Required action
Retype, word for word, every line of the records below starting at the one that contains "literal of the metamodel of this number." and ending at the one that contains "u32, of: EnumId, place: u32) -> Result<Text, NoMemory>"; include both of those lines and nothing more.

The input
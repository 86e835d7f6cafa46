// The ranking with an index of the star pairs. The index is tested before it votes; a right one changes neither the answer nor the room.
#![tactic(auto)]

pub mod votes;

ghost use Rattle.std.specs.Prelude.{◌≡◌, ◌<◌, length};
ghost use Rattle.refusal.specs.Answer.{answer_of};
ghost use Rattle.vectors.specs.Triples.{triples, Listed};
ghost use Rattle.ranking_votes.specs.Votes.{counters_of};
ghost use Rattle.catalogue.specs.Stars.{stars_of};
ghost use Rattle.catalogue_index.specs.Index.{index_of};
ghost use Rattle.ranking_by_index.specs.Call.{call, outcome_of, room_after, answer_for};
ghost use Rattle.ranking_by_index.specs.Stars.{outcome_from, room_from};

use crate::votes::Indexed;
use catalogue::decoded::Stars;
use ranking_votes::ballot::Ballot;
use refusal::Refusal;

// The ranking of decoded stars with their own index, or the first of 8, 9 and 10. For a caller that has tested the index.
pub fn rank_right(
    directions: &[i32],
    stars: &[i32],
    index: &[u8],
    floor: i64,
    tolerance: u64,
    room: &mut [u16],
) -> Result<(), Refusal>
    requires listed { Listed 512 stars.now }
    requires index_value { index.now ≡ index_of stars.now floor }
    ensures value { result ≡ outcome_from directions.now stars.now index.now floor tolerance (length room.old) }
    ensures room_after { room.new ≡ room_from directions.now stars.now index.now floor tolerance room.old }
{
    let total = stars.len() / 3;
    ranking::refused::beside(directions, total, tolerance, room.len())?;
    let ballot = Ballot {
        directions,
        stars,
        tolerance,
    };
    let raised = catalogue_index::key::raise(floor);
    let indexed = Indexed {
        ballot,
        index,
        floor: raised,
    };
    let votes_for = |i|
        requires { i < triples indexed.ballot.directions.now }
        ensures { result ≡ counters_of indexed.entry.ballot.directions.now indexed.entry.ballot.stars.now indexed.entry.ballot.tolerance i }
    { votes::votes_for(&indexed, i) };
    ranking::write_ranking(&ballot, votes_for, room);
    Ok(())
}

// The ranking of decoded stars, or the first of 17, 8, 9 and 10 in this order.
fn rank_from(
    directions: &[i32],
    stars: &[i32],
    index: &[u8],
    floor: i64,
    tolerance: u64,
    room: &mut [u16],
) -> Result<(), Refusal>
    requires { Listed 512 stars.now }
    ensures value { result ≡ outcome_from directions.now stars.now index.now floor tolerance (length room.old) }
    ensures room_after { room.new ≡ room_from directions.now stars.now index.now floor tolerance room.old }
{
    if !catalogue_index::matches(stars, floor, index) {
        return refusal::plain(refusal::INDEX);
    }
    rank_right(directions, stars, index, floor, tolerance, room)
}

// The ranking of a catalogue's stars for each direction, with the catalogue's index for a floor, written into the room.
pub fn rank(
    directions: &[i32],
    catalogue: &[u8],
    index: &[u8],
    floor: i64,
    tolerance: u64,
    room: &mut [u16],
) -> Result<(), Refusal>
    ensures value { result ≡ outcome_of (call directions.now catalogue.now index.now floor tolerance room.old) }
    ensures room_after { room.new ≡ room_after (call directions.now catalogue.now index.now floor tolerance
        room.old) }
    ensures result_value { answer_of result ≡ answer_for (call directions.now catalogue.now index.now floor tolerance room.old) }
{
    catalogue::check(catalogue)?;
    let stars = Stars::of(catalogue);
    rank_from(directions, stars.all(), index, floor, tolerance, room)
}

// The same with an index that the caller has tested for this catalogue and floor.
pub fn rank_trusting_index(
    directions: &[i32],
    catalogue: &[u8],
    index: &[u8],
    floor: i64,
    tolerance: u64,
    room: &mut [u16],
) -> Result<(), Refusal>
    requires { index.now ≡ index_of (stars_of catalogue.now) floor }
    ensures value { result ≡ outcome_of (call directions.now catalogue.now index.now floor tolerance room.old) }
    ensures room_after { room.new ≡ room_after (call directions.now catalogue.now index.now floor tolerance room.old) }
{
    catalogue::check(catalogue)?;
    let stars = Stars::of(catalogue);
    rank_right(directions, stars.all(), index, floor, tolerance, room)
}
==
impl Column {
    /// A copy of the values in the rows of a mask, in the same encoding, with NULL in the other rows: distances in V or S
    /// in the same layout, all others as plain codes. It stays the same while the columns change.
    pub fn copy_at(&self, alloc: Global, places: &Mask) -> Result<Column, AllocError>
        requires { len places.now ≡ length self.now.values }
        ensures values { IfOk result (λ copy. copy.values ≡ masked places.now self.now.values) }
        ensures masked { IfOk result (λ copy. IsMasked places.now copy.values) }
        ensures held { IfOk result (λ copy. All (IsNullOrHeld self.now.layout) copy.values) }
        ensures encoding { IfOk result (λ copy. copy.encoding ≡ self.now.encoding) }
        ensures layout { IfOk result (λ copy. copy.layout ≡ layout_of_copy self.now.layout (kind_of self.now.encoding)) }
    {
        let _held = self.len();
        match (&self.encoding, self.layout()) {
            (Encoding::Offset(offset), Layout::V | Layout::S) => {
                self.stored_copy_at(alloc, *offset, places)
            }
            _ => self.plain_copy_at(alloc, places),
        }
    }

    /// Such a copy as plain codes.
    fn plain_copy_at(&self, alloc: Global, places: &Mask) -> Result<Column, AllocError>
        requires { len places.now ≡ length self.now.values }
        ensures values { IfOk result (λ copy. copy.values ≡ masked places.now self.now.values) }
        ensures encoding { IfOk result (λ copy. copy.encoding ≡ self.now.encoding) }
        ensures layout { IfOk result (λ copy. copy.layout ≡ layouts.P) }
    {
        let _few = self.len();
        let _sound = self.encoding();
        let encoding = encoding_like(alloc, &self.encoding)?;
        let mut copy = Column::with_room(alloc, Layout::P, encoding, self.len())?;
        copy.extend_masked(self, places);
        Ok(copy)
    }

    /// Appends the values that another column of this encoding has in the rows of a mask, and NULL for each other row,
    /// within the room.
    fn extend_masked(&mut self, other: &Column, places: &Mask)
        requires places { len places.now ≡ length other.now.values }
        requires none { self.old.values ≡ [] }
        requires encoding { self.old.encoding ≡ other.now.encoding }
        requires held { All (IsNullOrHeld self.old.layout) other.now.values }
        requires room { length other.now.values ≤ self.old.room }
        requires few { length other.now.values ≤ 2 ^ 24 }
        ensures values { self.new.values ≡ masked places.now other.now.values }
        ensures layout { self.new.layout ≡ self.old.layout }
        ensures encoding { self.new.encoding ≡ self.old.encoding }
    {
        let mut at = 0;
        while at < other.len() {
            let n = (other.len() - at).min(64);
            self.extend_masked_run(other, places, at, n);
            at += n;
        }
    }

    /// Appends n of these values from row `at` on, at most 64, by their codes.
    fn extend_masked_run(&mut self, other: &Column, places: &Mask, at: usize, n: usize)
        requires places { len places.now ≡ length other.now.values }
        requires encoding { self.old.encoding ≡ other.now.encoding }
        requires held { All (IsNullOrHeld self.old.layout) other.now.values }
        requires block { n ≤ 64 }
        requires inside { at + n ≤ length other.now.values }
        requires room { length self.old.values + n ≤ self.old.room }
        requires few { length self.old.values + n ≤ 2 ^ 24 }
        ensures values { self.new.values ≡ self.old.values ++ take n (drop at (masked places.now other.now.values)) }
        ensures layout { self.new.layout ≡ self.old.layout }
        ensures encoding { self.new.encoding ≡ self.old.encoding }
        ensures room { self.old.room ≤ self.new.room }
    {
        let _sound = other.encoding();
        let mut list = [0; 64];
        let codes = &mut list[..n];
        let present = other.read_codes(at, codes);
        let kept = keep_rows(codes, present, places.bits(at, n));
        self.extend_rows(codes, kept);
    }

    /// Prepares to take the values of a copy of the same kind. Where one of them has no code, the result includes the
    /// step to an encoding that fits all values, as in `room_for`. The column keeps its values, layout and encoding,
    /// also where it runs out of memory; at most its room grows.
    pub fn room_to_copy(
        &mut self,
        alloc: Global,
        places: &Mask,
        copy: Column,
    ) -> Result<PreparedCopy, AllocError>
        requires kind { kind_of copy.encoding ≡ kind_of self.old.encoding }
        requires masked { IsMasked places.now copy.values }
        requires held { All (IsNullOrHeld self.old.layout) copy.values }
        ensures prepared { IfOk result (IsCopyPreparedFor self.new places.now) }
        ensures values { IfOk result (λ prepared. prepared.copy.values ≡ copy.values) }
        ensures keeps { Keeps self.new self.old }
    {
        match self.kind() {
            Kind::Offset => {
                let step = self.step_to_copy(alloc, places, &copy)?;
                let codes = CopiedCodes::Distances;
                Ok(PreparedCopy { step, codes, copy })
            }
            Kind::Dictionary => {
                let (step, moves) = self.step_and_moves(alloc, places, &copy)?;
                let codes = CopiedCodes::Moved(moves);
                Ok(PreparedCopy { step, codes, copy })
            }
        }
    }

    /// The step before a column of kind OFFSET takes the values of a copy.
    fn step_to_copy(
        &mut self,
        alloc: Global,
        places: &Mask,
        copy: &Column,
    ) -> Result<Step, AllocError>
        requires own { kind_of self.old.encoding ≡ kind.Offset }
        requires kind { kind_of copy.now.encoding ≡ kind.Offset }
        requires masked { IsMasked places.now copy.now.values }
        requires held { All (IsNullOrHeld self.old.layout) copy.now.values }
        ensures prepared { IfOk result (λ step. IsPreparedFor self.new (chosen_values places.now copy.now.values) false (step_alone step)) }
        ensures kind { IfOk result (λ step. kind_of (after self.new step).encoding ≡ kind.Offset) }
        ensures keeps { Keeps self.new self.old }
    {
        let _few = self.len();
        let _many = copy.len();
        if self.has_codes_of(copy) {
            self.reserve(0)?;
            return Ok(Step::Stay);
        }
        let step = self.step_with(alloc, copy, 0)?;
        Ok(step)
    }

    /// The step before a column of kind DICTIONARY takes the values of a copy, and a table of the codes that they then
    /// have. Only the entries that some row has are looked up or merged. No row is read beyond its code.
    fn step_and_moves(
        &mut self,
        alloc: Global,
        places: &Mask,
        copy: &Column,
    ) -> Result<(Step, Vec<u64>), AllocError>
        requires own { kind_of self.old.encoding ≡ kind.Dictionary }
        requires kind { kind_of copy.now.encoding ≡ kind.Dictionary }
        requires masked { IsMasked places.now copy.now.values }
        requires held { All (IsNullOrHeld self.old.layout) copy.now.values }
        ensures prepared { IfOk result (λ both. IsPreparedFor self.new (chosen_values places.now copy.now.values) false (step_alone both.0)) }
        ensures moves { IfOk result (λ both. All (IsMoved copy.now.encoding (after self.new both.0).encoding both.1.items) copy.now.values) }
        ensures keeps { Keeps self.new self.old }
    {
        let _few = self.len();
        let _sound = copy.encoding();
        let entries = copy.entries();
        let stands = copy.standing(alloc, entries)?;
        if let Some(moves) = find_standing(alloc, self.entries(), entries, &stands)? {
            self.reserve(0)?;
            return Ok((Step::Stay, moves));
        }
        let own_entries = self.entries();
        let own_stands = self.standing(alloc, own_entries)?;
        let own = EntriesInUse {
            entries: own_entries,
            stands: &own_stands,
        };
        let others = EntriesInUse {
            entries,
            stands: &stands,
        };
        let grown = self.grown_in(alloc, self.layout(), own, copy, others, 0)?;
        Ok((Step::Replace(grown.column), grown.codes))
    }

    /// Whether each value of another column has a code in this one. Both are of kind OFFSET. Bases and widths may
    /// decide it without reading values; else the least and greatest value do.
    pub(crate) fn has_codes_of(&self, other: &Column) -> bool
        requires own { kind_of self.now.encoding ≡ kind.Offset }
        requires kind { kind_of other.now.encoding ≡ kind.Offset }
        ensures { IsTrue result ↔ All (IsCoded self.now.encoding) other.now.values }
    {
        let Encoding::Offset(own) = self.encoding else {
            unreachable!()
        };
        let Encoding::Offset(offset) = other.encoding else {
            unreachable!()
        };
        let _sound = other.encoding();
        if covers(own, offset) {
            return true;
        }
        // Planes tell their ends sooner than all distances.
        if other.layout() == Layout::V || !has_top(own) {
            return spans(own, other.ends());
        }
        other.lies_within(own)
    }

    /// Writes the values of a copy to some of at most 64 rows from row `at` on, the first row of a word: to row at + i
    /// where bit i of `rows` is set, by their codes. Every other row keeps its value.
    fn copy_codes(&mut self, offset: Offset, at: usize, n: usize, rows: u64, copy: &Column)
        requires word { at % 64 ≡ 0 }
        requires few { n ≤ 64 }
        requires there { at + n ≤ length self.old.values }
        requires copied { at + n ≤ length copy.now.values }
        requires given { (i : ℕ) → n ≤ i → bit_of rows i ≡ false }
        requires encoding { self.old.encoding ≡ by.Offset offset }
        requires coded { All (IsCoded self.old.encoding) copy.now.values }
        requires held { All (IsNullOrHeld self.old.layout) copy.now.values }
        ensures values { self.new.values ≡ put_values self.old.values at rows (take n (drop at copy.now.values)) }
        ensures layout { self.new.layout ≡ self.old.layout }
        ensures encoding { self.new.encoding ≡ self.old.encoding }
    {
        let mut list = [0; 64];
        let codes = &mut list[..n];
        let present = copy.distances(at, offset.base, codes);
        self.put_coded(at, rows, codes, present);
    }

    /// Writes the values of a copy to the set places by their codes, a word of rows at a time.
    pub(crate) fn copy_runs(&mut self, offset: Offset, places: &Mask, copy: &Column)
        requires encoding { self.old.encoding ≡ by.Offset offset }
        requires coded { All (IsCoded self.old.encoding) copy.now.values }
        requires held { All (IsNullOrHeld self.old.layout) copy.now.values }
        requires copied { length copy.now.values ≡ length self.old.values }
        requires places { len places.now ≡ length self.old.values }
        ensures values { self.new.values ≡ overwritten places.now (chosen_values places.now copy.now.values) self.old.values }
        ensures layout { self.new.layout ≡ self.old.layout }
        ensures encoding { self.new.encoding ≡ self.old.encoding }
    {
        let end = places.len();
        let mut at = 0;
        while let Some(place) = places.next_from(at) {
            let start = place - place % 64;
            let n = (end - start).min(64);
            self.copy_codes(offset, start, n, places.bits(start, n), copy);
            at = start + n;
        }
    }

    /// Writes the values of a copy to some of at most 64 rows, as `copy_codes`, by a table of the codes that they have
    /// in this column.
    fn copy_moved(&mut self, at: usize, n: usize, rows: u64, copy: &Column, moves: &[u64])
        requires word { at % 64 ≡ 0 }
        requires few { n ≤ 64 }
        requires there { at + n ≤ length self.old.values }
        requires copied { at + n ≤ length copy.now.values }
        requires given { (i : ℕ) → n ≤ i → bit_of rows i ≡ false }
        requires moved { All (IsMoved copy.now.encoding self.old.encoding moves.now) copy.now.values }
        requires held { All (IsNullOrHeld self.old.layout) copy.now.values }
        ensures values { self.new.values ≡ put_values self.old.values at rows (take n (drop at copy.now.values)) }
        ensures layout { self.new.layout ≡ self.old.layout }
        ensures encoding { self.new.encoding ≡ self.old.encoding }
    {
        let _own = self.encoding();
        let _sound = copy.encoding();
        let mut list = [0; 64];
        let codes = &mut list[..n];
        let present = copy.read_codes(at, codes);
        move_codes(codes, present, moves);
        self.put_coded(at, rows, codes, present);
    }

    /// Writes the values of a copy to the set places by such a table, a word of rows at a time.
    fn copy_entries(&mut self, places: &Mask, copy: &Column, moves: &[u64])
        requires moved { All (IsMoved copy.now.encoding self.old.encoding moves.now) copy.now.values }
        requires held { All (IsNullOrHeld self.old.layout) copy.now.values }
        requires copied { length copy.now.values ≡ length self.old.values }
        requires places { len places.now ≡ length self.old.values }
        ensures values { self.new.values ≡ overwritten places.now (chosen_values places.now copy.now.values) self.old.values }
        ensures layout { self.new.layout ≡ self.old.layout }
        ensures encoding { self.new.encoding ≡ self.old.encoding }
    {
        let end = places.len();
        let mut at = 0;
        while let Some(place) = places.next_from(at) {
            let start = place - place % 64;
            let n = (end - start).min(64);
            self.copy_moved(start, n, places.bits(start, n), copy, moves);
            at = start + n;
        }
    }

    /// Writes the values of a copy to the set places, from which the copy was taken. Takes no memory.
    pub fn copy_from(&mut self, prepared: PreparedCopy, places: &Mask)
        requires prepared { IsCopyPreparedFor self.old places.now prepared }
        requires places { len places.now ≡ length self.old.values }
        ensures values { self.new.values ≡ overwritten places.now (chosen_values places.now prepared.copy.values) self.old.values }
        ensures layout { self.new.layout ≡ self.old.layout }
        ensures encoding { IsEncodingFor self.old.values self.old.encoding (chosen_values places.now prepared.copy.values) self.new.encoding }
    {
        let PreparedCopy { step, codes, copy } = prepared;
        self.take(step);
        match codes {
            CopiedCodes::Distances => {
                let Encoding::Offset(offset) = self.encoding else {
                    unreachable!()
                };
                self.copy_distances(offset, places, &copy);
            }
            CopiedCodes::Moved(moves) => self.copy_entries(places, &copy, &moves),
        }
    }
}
---
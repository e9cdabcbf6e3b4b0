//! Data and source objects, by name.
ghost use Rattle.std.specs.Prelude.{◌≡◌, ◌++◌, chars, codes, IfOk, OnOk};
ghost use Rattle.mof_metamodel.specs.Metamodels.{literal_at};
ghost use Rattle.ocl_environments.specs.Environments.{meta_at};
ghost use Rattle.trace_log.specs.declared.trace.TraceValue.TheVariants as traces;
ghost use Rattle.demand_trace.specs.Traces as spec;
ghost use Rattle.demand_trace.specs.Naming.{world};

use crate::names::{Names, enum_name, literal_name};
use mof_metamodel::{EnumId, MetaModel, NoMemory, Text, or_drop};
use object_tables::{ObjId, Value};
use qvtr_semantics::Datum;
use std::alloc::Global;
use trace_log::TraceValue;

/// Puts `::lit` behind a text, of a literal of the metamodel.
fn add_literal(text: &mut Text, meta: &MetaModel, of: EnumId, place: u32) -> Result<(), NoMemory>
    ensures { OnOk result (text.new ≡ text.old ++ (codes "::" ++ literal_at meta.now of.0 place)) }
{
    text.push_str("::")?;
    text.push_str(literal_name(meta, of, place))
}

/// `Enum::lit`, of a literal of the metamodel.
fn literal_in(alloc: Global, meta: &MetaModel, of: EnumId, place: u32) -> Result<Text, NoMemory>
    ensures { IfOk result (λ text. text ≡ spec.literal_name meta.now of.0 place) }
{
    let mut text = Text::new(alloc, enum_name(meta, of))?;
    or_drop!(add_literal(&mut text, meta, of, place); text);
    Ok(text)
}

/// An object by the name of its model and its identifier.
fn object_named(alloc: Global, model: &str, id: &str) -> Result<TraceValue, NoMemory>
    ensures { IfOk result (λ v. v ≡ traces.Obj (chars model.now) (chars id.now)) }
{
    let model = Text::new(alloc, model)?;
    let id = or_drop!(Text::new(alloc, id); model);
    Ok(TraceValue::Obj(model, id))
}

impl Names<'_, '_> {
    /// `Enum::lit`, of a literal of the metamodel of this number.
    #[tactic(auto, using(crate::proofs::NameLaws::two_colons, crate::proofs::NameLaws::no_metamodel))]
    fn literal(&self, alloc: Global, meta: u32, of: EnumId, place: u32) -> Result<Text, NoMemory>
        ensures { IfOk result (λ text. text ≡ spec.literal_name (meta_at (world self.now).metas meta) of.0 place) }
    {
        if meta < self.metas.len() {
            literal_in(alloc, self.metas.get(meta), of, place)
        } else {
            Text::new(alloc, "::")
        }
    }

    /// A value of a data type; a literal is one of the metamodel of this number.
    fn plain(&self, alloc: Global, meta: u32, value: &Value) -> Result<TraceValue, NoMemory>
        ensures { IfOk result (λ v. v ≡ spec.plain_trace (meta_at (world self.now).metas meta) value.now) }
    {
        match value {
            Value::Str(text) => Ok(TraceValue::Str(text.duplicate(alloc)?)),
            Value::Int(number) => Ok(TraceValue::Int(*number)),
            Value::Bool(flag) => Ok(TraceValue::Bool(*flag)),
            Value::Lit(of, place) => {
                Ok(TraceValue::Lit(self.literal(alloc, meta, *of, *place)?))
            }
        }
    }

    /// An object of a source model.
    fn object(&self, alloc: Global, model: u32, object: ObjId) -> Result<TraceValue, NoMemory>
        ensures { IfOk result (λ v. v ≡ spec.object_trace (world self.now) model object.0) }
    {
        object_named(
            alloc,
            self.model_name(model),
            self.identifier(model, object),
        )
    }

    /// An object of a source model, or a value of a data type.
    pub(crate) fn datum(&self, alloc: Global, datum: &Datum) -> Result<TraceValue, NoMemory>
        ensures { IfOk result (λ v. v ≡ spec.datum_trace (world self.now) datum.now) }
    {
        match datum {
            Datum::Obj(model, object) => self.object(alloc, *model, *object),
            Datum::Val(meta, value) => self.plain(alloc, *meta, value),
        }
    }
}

Expected output
    /// `Enum::lit`, of a literal of the metamodel of this number.
    #[tactic(auto, using(crate::proofs::NameLaws::two_colons, crate::proofs::NameLaws::no_metamodel))]
    fn literal(&self, alloc: Global, meta: u32, of: EnumId, place: u32) -> Result<Text, NoMemory>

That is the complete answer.